◆ Dataset

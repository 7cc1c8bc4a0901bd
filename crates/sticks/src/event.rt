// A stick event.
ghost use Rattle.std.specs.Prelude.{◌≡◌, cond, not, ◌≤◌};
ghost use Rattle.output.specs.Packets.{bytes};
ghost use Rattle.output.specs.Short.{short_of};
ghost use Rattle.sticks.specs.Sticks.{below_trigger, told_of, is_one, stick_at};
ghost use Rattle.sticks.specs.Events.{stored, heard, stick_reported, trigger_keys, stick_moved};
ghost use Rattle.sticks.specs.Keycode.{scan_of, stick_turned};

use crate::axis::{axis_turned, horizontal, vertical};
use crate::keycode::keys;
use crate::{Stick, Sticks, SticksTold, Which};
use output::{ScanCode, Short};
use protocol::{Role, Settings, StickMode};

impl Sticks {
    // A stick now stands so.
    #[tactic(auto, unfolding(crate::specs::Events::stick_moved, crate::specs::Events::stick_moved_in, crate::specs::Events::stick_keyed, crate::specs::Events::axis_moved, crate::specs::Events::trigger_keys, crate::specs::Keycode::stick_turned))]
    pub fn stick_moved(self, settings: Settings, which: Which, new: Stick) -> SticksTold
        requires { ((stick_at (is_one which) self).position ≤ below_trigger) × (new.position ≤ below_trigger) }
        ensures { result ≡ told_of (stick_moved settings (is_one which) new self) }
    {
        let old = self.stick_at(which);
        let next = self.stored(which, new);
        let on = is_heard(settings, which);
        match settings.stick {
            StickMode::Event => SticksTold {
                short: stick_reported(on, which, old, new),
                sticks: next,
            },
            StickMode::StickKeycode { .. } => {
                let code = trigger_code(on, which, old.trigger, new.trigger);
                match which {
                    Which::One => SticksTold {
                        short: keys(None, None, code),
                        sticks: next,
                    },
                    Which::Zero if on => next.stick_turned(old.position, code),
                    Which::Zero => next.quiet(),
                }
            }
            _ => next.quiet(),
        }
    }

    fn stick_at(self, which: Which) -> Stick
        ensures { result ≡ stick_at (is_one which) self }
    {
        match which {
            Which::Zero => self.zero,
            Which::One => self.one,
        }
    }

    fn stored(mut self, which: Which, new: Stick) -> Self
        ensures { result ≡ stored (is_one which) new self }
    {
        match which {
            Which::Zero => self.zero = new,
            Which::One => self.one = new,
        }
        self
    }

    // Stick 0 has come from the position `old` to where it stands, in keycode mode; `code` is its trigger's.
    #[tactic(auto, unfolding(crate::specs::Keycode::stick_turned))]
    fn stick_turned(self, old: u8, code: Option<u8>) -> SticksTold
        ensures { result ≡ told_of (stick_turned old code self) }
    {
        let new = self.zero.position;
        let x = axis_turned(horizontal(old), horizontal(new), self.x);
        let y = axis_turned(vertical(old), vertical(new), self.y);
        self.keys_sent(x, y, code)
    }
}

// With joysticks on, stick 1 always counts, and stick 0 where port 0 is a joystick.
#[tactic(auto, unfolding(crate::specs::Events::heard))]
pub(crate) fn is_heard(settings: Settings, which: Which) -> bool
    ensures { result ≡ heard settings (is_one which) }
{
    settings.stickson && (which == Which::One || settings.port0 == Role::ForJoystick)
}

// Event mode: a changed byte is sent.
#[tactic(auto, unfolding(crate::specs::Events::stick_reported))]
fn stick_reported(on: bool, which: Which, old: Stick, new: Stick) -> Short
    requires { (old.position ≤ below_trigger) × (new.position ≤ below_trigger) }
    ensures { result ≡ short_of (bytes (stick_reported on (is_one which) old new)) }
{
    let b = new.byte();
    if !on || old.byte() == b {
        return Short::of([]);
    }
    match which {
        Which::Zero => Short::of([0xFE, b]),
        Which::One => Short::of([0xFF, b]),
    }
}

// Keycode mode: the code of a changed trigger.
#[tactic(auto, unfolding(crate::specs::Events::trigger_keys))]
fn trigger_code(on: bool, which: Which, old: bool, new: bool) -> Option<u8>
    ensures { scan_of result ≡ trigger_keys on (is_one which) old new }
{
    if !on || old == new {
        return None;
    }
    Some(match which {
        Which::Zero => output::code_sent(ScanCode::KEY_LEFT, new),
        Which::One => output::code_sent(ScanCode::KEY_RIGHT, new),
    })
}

...

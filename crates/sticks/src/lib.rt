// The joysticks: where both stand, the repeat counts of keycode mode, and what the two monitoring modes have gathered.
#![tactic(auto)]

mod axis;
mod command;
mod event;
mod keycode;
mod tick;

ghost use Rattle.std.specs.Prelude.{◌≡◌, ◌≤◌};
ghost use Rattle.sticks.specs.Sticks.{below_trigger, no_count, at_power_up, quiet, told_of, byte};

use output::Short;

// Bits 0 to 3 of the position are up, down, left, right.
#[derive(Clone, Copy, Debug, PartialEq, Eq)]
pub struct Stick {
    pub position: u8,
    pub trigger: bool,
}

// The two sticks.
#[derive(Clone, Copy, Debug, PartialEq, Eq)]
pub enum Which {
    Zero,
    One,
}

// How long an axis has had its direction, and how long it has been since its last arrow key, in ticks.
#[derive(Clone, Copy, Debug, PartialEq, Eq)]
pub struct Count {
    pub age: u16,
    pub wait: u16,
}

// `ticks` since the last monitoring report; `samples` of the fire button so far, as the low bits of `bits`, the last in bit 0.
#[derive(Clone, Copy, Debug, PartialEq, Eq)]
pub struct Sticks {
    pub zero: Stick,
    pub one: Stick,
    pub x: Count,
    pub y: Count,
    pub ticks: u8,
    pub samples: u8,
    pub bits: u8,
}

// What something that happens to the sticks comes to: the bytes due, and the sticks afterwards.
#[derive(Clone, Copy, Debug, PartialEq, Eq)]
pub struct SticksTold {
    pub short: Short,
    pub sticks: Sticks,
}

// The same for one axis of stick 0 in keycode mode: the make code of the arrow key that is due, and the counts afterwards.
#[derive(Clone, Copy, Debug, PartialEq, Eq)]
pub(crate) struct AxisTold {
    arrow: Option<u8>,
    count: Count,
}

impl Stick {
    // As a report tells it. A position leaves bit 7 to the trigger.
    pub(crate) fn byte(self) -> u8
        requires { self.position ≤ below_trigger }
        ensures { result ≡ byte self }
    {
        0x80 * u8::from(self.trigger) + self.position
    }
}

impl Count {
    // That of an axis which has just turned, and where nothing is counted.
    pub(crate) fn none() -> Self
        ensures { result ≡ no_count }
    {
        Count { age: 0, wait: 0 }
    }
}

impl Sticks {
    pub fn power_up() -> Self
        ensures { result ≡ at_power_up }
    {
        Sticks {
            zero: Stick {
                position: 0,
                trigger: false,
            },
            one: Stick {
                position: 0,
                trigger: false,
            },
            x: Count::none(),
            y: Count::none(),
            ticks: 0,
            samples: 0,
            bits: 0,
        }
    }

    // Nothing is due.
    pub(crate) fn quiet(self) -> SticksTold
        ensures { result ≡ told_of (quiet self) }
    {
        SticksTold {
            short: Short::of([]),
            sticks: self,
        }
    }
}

◆ Aim of the task
Every line from the line containing "pub(crate) struct AxisTold" through the line containing "Nothing is due." in the records above must be retyped exactly. Leave out the rest.

◆ Completed exercise
pub(crate) struct AxisTold {
    arrow: Option<u8>,
    count: Count,
}

impl Stick {
    // As a report tells it. A position leaves bit 7 to the trigger.
    pub(crate) fn byte(self) -> u8
        requires { self.position ≤ below_trigger }
        ensures { result ≡ byte self }
    {
        0x80 * u8::from(self.trigger) + self.position
    }
}

impl Count {
    // That of an axis which has just turned, and where nothing is counted.
    pub(crate) fn none() -> Self
        ensures { result ≡ no_count }
    {
        Count { age: 0, wait: 0 }
    }
}

impl Sticks {
    pub fn power_up() -> Self
        ensures { result ≡ at_power_up }
    {
        Sticks {
            zero: Stick {
                position: 0,
                trigger: false,
            },
            one: Stick {
                position: 0,
                trigger: false,
            },
            x: Count::none(),
            y: Count::none(),
            ticks: 0,
            samples: 0,
            bits: 0,
        }
    }

    // Nothing is due.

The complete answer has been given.